> The problem:
Using only the records, tally the lines with "what" in them and state that total by itself.

───── Given information ─────

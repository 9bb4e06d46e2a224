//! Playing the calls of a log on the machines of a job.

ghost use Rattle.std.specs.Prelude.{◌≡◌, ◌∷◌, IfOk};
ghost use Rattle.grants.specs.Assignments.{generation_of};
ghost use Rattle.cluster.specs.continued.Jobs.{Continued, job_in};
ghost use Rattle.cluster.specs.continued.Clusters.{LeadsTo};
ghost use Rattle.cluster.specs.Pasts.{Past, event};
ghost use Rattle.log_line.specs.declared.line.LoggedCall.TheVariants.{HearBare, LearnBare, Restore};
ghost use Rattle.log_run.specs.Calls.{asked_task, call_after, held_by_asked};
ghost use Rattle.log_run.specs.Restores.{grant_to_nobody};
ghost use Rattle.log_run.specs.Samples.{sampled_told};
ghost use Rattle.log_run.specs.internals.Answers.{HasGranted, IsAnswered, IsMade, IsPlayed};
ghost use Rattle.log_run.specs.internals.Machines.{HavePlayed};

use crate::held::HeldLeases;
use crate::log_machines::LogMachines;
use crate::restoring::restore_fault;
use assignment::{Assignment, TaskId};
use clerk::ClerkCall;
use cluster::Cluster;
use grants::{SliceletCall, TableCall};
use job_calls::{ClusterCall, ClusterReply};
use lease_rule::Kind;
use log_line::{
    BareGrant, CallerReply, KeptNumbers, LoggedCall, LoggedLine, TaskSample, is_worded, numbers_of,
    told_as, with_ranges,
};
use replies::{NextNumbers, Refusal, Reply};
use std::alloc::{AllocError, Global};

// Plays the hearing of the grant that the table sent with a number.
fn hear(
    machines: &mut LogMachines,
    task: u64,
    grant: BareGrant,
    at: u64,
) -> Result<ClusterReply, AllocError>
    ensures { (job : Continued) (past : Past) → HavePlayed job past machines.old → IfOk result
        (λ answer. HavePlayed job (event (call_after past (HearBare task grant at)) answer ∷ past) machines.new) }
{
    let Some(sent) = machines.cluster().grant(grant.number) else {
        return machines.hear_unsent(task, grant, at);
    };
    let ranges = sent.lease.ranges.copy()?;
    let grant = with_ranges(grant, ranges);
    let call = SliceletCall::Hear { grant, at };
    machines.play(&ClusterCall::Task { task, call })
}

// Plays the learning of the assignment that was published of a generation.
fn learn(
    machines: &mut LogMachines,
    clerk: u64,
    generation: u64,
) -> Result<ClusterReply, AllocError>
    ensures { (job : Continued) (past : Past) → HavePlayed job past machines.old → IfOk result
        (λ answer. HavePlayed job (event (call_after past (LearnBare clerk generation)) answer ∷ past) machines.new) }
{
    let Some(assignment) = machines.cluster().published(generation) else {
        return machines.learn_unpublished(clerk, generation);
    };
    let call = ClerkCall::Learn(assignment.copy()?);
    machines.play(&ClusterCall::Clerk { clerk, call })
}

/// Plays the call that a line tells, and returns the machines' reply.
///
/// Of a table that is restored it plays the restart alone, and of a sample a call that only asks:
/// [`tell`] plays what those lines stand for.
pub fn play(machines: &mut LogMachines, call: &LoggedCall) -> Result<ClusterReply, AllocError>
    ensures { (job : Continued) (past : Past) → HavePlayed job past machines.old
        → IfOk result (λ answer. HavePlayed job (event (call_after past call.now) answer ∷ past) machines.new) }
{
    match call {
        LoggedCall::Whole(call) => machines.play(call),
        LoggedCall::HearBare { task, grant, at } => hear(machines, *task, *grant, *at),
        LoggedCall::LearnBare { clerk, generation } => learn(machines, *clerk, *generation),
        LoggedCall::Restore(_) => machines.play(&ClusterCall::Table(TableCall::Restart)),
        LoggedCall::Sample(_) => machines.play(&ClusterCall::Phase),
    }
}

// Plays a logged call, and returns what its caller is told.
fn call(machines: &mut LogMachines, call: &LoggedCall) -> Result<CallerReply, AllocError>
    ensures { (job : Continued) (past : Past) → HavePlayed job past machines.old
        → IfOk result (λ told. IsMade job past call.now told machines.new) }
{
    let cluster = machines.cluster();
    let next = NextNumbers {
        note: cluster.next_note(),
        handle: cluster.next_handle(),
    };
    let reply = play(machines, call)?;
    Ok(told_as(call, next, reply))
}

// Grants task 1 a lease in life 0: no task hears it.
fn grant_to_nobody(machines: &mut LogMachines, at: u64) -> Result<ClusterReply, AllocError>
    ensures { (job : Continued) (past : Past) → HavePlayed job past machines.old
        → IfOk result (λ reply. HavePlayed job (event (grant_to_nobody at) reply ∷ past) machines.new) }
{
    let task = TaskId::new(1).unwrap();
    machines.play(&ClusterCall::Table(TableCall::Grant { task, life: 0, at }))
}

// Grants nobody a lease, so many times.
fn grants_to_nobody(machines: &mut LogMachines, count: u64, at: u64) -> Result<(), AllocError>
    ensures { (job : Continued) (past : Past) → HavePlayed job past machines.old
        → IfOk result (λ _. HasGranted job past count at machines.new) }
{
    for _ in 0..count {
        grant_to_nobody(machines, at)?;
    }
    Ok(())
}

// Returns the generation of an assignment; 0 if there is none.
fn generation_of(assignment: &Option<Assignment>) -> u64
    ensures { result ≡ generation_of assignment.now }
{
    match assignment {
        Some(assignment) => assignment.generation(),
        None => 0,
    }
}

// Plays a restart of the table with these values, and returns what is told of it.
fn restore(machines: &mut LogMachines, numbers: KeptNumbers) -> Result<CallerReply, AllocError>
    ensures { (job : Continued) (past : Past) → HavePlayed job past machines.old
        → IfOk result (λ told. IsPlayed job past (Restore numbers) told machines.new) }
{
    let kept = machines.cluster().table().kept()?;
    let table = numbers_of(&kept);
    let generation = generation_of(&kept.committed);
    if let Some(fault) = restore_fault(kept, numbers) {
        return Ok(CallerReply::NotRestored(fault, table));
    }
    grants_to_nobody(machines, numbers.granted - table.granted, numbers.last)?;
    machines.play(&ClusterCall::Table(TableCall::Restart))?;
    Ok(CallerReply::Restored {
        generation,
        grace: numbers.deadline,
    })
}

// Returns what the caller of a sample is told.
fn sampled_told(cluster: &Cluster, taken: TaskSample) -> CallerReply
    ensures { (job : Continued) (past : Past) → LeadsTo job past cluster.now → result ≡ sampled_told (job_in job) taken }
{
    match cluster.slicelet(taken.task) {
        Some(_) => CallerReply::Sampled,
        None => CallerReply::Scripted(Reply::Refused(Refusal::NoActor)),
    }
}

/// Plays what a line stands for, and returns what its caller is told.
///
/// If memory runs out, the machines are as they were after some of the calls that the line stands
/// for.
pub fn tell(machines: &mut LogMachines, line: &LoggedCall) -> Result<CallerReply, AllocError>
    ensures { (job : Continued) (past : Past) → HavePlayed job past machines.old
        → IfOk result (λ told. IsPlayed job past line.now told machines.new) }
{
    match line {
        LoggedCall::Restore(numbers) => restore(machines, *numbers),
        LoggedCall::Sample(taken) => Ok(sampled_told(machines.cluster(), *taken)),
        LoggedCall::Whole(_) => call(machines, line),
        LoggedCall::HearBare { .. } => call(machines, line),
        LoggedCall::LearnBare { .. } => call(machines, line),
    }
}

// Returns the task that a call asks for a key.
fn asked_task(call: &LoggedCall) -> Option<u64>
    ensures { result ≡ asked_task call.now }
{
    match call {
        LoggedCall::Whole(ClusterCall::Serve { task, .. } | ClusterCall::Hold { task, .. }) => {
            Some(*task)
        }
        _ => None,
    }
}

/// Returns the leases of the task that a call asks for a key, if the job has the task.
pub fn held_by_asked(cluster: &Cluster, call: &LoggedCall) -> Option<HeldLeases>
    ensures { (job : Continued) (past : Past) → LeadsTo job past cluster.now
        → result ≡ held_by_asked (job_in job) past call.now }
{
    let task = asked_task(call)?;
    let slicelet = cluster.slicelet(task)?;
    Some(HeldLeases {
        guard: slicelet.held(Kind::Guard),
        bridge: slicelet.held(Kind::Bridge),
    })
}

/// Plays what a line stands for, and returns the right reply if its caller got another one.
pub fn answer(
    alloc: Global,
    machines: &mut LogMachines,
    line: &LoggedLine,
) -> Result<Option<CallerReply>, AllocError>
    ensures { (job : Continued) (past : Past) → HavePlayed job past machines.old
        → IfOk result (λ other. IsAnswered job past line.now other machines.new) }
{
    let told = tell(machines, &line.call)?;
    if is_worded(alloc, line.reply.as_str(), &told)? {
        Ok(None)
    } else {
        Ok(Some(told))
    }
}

─────

> Worked solution:
6